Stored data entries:
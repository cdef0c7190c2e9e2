//! Whether two parts are equal. What is cheap to compare is compared first.
ghost use Rattle.std.specs.Prelude.{◌≡◌, ◌↔◌, IsTrue};

use crate::parts::{Due, KeptToken, OpenText};
use tx_box::Lists;
use tx_bytes::Bytes;
use tx_char::Token;
use tx_eqtb::Eqtb;
use tx_hyphenate::Hyphenation;
use tx_list::{Stack, same_option};
use tx_word::Words;

/// Whether the same is due and the same text is begun.
pub fn same_begun(
    due: &Stack<Due>,
    other_due: &Stack<Due>,
    text: &Option<OpenText>,
    other_text: &Option<OpenText>,
) -> bool
    ensures { IsTrue result ↔ ((due.now ≡ other_due.now) × (text.now ≡ other_text.now)) }
{
    due.same(other_due) && same_option(text, other_text)
}

/// Whether the same tokens are kept for later.
pub fn same_kept(
    groups: &Stack<KeptToken>,
    other_groups: &Stack<KeptToken>,
    assignment: &Option<Token>,
    other_assignment: &Option<Token>,
) -> bool
    ensures { IsTrue result ↔ ((groups.now ≡ other_groups.now) × (assignment.now ≡ other_assignment.now)) }
{
    groups.same(other_groups) && same_option(assignment, other_assignment)
}

/// Whether the same lists are built, with the same table.
pub fn same_lists(lists: &Lists, other_lists: &Lists, table: &Eqtb, other_table: &Eqtb) -> bool
    ensures { IsTrue result ↔ ((lists.now ≡ other_lists.now) × (table.now ≡ other_table.now)) }
{
    lists.same(other_lists) && table.same(other_table)
}

/// Whether there are the same fonts, of which the pages define the same, and the same word is open, and the same is known of
/// hyphenation.
pub fn same_words(
    defined: &Bytes,
    other_defined: &Bytes,
    words: &Words,
    other_words: &Words,
    known: &Hyphenation,
    other_known: &Hyphenation,
) -> bool
    ensures { IsTrue result ↔ ((defined.now ≡ other_defined.now) × ((words.now ≡ other_words.now) × (known.now ≡ other_known.now))) }
{
    defined.same(other_defined) && words.same(other_words) && known.same(other_known)
}
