//! Work of boxes that is due.
ghost use Rattle.std.specs.Prelude.{◌≡◌, ◌∷◌, OnOk};

use crate::parts::Due;
use std::alloc::AllocError;
use tx_box::Work;
use tx_list::Stack;

/// This work of boxes comes before all else that is due. Its only error is want of memory. (A crate that pushed it itself would prove
/// again how each piece of work is dropped.)
pub fn push_work(due: &mut Stack<Due>, work: Work) -> Result<(), AllocError>
    ensures { OnOk result (due.new ≡ Due.Boxes work ∷ due.old) }
{
    due.push(Due::Boxes(work))
}
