//! Parts of TeX's state that need nothing of commands and expansion: what is due, the text that is being taken, and tokens that are
//! kept for later; and, with the table, the fonts, the lists and what is known of hyphenation, copies of them, their comparison and
//! their end. How each of them is dropped is proved here once: what holds them together is dropped by a call.
//!
//! Proved: a copy is equal to what it is a copy of, two parts are told apart exactly where they differ, what the text that is being
//! taken makes of one more token, and what is read next of the tokens that are kept. Only tested: that this is TeX's, on documents
//! that Knuth's TeX reads alike.
//!
//! Read `parts`, `due`, `text`, `kept_tokens`; then `kept`, `same`, `small` and `large`.
#![tactic(auto)]

mod due;
mod kept;
mod kept_tokens;
mod large;
mod parts;
mod same;
mod small;
mod text;

pub use due::push_work;
pub use kept_tokens::release_kept;
pub use large::LargeParts;
pub use parts::{Due, FontRequest, KeptToken, OpenText};
pub use same::{same_begun, same_kept, same_lists, same_words};
pub use small::SmallParts;
pub use text::is_global;
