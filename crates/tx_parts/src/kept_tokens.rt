//! The tokens that \aftergroup keeps, read again (TeX: The Program, section 326).
ghost use Rattle.std.specs.Prelude.{◌≡◌, [], IfOk, OnOk};
ghost use Rattle.tx_parts.specs.KeptTokens as spec;
ghost use Rattle.tx_pending.specs.Elements.{given_back};

use crate::parts::KeptToken;
use std::alloc::AllocError;
use tx_char::Token;
use tx_list::Stack;
use tx_pending::Pending;

/// The token that \aftergroup keeps for the end of the innermost of so many groups, the last of those that are left. Its only
/// error is that no more owners of a name can be counted.
fn kept_for(after_groups: &Stack<KeptToken>, groups: usize) -> Result<Option<Token>, AllocError>
    ensures { IfOk result (λ kept. kept ≡ spec.kept_for after_groups.now groups) }
{
    match after_groups.first() {
        Some(kept) if kept.groups == groups => Ok(Some(kept.token.clone()?)),
        _ => Ok(None),
    }
}

/// What \aftergroup keeps for the end of the innermost of so many groups is read next. Its only error is want of memory.
pub fn release_kept(
    after_groups: &mut Stack<KeptToken>,
    input: &mut Pending,
    groups: usize,
) -> Result<(), AllocError>
    ensures left { OnOk result (after_groups.new ≡ spec.left_after groups after_groups.old) }
    ensures input { OnOk result (input.new ≡ given_back input.old (spec.kept_tokens groups after_groups.old [])) }
{
    while let Some(token) = kept_for(after_groups, groups)? {
        after_groups.pop();
        input.give_back(token)?;
    }
    Ok(())
}
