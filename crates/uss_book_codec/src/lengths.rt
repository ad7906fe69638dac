// How many bytes the coding of an entry has, without making it.
ghost use Rattle.std.specs.Prelude.{◌≡◌, ℕ, ℤ, ◌+◌, ◌≤◌, length, All, sum_by};
ghost use Rattle.uss_intent.specs.Texts.{IsOvn};
ghost use Rattle.uss_event.specs.declared.entries.Entry.TheVariants as Enters;
ghost use Rattle.uss_law_book.specs.Coding.{text_length, texts_length, option_length, volume_length, volumes_length, proposal_length, wish_length, subscriber_length, owed_length, ending_length, coding_length, IsProposal, IsWish, IsAsk, AreOwed, IsEnding, IsOwner, HasCoding};
ghost use Rattle.uss_intent.specs.Limits.{most_ovns, most_tickets};

use uss_event::{
    Closing, Ending, Entry, FlightAsk, Holding, Opening, Owner, Proposal, Trial, Wish,
};
use uss_intent::{Name, Ovn, Subscriber};
use uss_vol4::Volume4;

fn volume_length(volume: &Volume4) -> u64
    ensures value { result ≡ volume_length volume.now }
    ensures bound { result ≤ 16036 }
{
    36 + 16 * volume.outline().vertices().len() as u64
}

fn volumes_length(volumes: &[Volume4]) -> u64
    requires { length volumes.now ≤ 255 }
    ensures value { result ≡ volumes_length volumes.now }
    ensures bound { result ≤ 4089181 }
{
    let mut total: u64 = 0;
    for volume in volumes {
        total += volume_length(volume);
    }
    1 + total
}

fn proposal_length(proposal: &Proposal) -> u64
    requires { IsProposal proposal.now }
    ensures value { result ≡ proposal_length proposal.now }
    ensures bound { result ≤ 8178362 }
{
    volumes_length(proposal.volumes.as_slice()) + volumes_length(proposal.off_nominal.as_slice())
}

fn proposals_length(proposals: &[Proposal]) -> u64
    requires few { length proposals.now ≤ 255 }
    requires each { All IsProposal proposals.now }
    ensures value { result ≡ sum_by proposal_length proposals.now }
    ensures bound { result ≤ 2085482310 }
{
    let mut total: u64 = 0;
    for proposal in proposals {
        total += proposal_length(proposal);
    }
    total
}

fn wish_length(wish: &Wish) -> u64
    requires { IsWish wish.now }
    ensures value { result ≡ wish_length wish.now }
    ensures bound { result ≤ 2085482316 }
{
    match wish {
        Wish::Put { proposals, .. } => 6 + proposals_length(proposals.as_slice()),
        Wish::End => 1,
    }
}

/// How many bytes the coding of a job's opening for this request has. Takes no memory.
pub fn opening_length(ask: &FlightAsk) -> u64
    requires { IsAsk ask.now }
    ensures value { (job : ℕ) (moment : ℤ) → result ≡ coding_length (Enters.Opened (record { job = job; moment = moment; ask = ask.now })) }
    ensures bound { result ≤ 2085482349 }
{
    33 + wish_length(&ask.wish)
}

fn ovn_length(ovn: &Ovn) -> u64
    ensures value { result ≡ text_length ovn.now }
    ensures bound { result ≤ 132 }
{
    4 + ovn.as_bytes().len() as u64
}

fn key_length(key: &[Ovn]) -> u64
    requires { length key.now ≤ most_ovns }
    ensures value { result ≡ texts_length key.now }
    ensures bound { result ≤ 135172 }
{
    let mut total: u64 = 0;
    for ovn in key {
        total += ovn_length(ovn);
    }
    4 + total
}

fn option_length(ovn: &Option<Ovn>) -> u64
    ensures value { result ≡ option_length ovn.now }
    ensures bound { result ≤ 133 }
{
    match ovn {
        None => 1,
        Some(ovn) => 1 + ovn_length(ovn),
    }
}

fn subscriber_length(subscriber: &Subscriber) -> u64
    ensures value { result ≡ subscriber_length subscriber.now }
    ensures bound { result ≤ 328 }
{
    28 + subscriber.base.as_bytes().len() as u64
}

fn owed_length(owed: &[Subscriber]) -> u64
    requires { length owed.now ≤ most_tickets }
    ensures value { result ≡ owed_length owed.now }
    ensures bound { result ≤ 2686980 }
{
    let mut total: u64 = 0;
    for subscriber in owed {
        total += subscriber_length(subscriber);
    }
    4 + total
}

fn name_length(name: &Name) -> u64
    ensures value { result ≡ text_length name.now }
    ensures bound { result ≤ 68 }
{
    4 + name.as_bytes().len() as u64
}

fn ending_length(end: &Ending) -> u64
    requires { IsEnding end.now }
    ensures value { result ≡ ending_length end.now }
    ensures bound { result ≤ 2686981 }
{
    match end {
        Ending::Conflict { manager, .. } => 18 + name_length(manager),
        Ending::Stale { missing } => 5 + 16 * missing.len() as u64,
        Ending::Cancelled => 1,
        Ending::Ended { owed } => 1 + owed_length(owed.as_slice()),
    }
}

fn owner_length(owner: &Owner) -> u64
    requires { IsOwner owner.now }
    ensures value { result ≡ coding_length (Enters.Owner owner.now) }
    ensures bound { result ≤ 2500 }
{
    13 + name_length(&owner.name)
        + owner.base.as_bytes().len() as u64
        + 2 * owner.table.priorities().len() as u64
}

/// How many bytes the coding of an entry has. Takes no memory.
pub fn length_of(entry: &Entry) -> u64
    requires { HasCoding entry.now }
    ensures value { result ≡ coding_length entry.now }
    ensures bound { result ≤ 2085482349 }
{
    match entry {
        Entry::Owner(owner) => owner_length(owner),
        Entry::Opened(opening) => opening_length(&opening.ask),
        Entry::TicketOpen { .. } | Entry::TicketGone { .. } => 9,
        Entry::Pending(Trial { previous, key, .. }) => {
            18 + option_length(previous) + key_length(key.as_slice())
        }
        Entry::Held(Holding { ovn, owed, .. }) => 21
            + ovn_length(ovn)
            + owed_length(owed.as_slice()),
        Entry::Deciding(Closing { end, .. }) | Entry::Done(Closing { end, .. }) => 9
            + ending_length(end),
        Entry::Sent(_) => 13,
    }
}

> **What this task involves**
Check each line above for the word "next" and copy the ones that have it.

> **Exercise output**
//! taken makes of one more token, and what is read next of the tokens that are kept. Only tested: that this is TeX's, on documents
/// What \aftergroup keeps for the end of the innermost of so many groups is read next. Its only error is want of memory.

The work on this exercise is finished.